* WORK REQUIRED
Pick out the lines below that include the string "match".

Saved entries:
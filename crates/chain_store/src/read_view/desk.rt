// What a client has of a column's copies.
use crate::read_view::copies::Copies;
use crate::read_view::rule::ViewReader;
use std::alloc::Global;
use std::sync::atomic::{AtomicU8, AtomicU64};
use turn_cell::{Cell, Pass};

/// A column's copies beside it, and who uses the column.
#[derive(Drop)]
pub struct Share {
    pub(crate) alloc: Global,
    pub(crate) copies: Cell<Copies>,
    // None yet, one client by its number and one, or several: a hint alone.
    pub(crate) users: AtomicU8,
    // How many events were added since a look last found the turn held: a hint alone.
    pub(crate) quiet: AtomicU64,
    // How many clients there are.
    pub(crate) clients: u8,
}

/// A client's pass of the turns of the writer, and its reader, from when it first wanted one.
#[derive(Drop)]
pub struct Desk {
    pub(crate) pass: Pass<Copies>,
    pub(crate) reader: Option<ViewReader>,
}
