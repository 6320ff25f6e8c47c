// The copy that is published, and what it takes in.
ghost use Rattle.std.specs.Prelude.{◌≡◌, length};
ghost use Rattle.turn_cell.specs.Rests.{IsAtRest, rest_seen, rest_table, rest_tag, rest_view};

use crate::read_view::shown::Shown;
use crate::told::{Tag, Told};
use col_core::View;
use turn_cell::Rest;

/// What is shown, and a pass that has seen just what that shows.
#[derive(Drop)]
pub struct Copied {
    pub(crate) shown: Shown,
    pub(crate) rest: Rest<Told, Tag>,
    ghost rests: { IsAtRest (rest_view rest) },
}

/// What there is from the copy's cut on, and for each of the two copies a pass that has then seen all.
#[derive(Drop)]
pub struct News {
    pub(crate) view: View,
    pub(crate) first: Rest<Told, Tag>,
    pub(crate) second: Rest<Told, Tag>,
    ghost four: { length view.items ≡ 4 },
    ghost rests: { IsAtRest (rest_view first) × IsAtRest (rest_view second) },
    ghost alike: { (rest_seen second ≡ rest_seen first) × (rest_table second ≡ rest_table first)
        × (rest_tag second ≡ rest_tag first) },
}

* * *

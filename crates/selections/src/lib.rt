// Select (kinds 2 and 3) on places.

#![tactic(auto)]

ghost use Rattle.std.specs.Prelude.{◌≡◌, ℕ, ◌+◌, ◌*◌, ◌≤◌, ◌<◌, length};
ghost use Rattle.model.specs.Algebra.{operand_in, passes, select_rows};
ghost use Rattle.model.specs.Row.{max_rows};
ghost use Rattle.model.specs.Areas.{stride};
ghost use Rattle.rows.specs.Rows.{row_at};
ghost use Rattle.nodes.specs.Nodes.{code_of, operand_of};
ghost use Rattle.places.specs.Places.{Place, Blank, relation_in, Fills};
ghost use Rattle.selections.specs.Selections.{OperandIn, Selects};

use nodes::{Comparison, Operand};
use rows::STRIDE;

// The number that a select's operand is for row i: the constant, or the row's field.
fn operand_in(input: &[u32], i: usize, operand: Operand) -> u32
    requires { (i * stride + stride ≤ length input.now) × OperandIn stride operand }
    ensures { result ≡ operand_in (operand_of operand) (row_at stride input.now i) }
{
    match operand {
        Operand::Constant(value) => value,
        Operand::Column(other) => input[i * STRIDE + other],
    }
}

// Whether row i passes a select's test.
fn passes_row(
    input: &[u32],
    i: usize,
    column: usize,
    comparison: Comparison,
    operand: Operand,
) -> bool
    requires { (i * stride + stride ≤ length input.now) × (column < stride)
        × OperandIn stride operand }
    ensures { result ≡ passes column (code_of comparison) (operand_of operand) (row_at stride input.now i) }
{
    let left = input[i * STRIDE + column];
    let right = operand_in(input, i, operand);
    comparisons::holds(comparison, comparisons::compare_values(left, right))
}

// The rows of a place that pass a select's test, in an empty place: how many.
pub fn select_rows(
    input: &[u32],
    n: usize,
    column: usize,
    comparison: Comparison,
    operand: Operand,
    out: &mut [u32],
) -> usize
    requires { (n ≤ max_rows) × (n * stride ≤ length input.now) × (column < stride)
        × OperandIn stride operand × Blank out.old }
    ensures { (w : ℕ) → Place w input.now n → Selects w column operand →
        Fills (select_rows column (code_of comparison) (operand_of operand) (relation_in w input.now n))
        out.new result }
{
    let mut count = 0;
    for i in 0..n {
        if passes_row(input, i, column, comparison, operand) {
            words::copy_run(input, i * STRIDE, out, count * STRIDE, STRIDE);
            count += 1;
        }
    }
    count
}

==

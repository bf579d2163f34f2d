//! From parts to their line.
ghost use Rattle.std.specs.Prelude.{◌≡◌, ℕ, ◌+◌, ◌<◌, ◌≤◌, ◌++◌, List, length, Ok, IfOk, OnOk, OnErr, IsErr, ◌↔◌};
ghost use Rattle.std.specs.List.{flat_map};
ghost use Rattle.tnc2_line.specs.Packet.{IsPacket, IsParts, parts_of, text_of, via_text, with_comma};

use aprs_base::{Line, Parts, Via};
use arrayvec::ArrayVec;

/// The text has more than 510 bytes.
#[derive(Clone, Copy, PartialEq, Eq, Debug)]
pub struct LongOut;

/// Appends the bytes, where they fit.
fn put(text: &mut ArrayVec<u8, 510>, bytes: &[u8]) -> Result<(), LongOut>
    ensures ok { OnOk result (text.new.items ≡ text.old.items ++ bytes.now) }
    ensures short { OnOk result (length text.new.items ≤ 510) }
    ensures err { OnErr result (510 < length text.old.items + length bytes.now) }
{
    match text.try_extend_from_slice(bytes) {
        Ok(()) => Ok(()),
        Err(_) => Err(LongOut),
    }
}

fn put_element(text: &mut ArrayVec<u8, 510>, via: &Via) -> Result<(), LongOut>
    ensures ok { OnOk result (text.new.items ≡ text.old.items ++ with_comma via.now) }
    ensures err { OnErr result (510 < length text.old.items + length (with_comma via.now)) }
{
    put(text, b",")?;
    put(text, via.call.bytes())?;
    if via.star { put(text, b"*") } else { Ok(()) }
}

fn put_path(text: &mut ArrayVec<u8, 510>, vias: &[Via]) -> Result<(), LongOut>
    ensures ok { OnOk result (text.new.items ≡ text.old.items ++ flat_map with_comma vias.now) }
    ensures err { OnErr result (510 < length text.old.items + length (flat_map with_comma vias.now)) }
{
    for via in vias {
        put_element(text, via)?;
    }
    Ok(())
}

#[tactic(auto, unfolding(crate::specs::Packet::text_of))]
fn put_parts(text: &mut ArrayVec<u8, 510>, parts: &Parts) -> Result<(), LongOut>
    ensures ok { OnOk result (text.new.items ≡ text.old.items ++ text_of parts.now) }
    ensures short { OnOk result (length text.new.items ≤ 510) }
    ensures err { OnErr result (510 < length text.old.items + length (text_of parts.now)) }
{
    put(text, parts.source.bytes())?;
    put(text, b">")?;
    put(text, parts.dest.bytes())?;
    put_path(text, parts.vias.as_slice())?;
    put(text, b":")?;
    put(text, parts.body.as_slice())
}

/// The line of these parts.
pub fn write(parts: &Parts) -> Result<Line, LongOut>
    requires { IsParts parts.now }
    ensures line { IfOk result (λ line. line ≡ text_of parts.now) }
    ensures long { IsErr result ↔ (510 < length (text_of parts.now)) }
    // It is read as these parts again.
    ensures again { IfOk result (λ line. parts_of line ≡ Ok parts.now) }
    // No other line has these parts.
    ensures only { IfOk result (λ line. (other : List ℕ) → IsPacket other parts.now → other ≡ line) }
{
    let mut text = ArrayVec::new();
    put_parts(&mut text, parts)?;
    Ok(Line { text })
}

* RESULT OF THE EXERCISE
    match operand {
    match text.try_extend_from_slice(bytes) {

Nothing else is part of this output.